**Task objective**
From the data that follows, copy every line with the string "most".

**Data**
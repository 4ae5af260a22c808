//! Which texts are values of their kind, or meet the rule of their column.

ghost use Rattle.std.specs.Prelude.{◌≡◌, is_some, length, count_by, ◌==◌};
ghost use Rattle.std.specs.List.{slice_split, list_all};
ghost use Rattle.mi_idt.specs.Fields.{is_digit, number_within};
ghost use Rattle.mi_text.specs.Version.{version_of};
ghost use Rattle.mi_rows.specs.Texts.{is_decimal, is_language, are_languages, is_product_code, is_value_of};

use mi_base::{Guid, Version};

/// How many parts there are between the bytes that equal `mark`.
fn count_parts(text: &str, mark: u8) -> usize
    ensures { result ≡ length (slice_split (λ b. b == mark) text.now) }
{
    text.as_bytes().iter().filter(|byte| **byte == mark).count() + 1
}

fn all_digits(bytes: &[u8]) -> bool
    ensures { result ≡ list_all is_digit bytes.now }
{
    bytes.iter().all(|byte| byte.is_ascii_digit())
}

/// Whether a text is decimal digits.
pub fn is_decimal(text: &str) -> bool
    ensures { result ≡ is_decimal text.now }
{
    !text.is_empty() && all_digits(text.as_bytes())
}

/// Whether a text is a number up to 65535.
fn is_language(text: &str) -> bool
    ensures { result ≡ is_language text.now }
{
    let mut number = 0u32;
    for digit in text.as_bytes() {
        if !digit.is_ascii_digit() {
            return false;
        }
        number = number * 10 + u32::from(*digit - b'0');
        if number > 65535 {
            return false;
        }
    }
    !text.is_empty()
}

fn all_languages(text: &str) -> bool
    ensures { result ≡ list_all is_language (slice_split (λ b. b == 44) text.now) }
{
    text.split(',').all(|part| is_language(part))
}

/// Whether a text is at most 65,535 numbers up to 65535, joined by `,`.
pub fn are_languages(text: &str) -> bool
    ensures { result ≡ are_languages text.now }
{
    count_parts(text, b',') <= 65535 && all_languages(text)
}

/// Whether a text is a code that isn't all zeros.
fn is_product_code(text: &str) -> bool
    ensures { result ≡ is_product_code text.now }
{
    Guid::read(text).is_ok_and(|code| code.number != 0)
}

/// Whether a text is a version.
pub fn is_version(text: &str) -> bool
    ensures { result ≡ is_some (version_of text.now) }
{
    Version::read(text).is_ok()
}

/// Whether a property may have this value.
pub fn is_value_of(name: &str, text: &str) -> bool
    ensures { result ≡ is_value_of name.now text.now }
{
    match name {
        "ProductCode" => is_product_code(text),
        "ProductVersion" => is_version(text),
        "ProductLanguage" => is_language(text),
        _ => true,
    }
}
--
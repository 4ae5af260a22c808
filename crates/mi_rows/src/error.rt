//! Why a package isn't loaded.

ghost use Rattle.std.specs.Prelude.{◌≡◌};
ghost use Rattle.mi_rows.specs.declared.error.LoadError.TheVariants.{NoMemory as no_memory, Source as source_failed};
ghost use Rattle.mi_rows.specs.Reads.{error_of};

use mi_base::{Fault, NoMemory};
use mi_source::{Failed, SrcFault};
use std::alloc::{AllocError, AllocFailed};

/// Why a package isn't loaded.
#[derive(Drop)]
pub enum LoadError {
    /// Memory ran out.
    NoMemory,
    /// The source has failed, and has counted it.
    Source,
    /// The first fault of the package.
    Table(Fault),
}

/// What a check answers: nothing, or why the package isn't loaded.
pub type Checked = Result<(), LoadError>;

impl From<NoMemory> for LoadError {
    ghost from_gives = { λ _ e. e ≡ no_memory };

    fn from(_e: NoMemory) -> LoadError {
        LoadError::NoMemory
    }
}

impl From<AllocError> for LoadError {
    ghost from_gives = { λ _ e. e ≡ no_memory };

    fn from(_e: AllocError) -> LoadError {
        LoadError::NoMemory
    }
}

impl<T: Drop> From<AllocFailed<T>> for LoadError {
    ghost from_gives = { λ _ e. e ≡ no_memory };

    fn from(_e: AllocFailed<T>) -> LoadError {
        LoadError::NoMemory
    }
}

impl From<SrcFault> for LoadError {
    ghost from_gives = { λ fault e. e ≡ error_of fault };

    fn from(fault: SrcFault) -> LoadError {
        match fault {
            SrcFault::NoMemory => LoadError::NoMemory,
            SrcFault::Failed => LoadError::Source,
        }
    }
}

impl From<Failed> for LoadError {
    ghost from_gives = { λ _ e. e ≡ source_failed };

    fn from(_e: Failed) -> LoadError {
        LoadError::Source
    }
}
* * *
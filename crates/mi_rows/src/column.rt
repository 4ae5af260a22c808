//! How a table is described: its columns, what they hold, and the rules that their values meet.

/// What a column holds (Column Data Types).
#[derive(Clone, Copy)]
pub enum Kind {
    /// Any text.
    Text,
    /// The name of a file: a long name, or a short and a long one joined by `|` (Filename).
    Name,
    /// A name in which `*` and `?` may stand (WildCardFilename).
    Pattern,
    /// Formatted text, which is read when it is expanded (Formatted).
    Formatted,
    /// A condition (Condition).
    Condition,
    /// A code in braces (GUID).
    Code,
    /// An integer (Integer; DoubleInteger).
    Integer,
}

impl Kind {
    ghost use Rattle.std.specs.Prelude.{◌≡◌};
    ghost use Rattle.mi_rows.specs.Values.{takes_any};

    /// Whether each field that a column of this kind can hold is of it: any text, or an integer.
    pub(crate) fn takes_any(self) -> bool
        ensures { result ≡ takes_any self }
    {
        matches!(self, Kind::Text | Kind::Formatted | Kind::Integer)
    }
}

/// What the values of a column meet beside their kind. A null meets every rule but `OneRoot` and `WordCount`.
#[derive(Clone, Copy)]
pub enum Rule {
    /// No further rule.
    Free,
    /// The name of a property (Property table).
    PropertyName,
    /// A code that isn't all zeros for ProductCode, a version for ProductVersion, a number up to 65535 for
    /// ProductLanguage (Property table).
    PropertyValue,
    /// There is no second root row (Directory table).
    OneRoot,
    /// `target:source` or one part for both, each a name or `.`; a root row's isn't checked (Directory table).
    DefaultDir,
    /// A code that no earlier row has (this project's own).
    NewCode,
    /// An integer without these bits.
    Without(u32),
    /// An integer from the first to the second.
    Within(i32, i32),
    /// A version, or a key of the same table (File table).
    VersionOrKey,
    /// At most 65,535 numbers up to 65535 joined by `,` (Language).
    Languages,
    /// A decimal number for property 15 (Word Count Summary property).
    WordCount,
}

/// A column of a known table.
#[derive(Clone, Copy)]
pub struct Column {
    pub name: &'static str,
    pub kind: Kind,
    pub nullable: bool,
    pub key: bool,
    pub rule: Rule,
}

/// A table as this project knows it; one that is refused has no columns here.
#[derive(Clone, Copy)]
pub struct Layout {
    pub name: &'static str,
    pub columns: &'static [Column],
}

**Output for this exercise**
/// Whether a text is at most 65,535 numbers up to 65535, joined by `,`.
    /// At most 65,535 numbers up to 65535 joined by `,` (Language).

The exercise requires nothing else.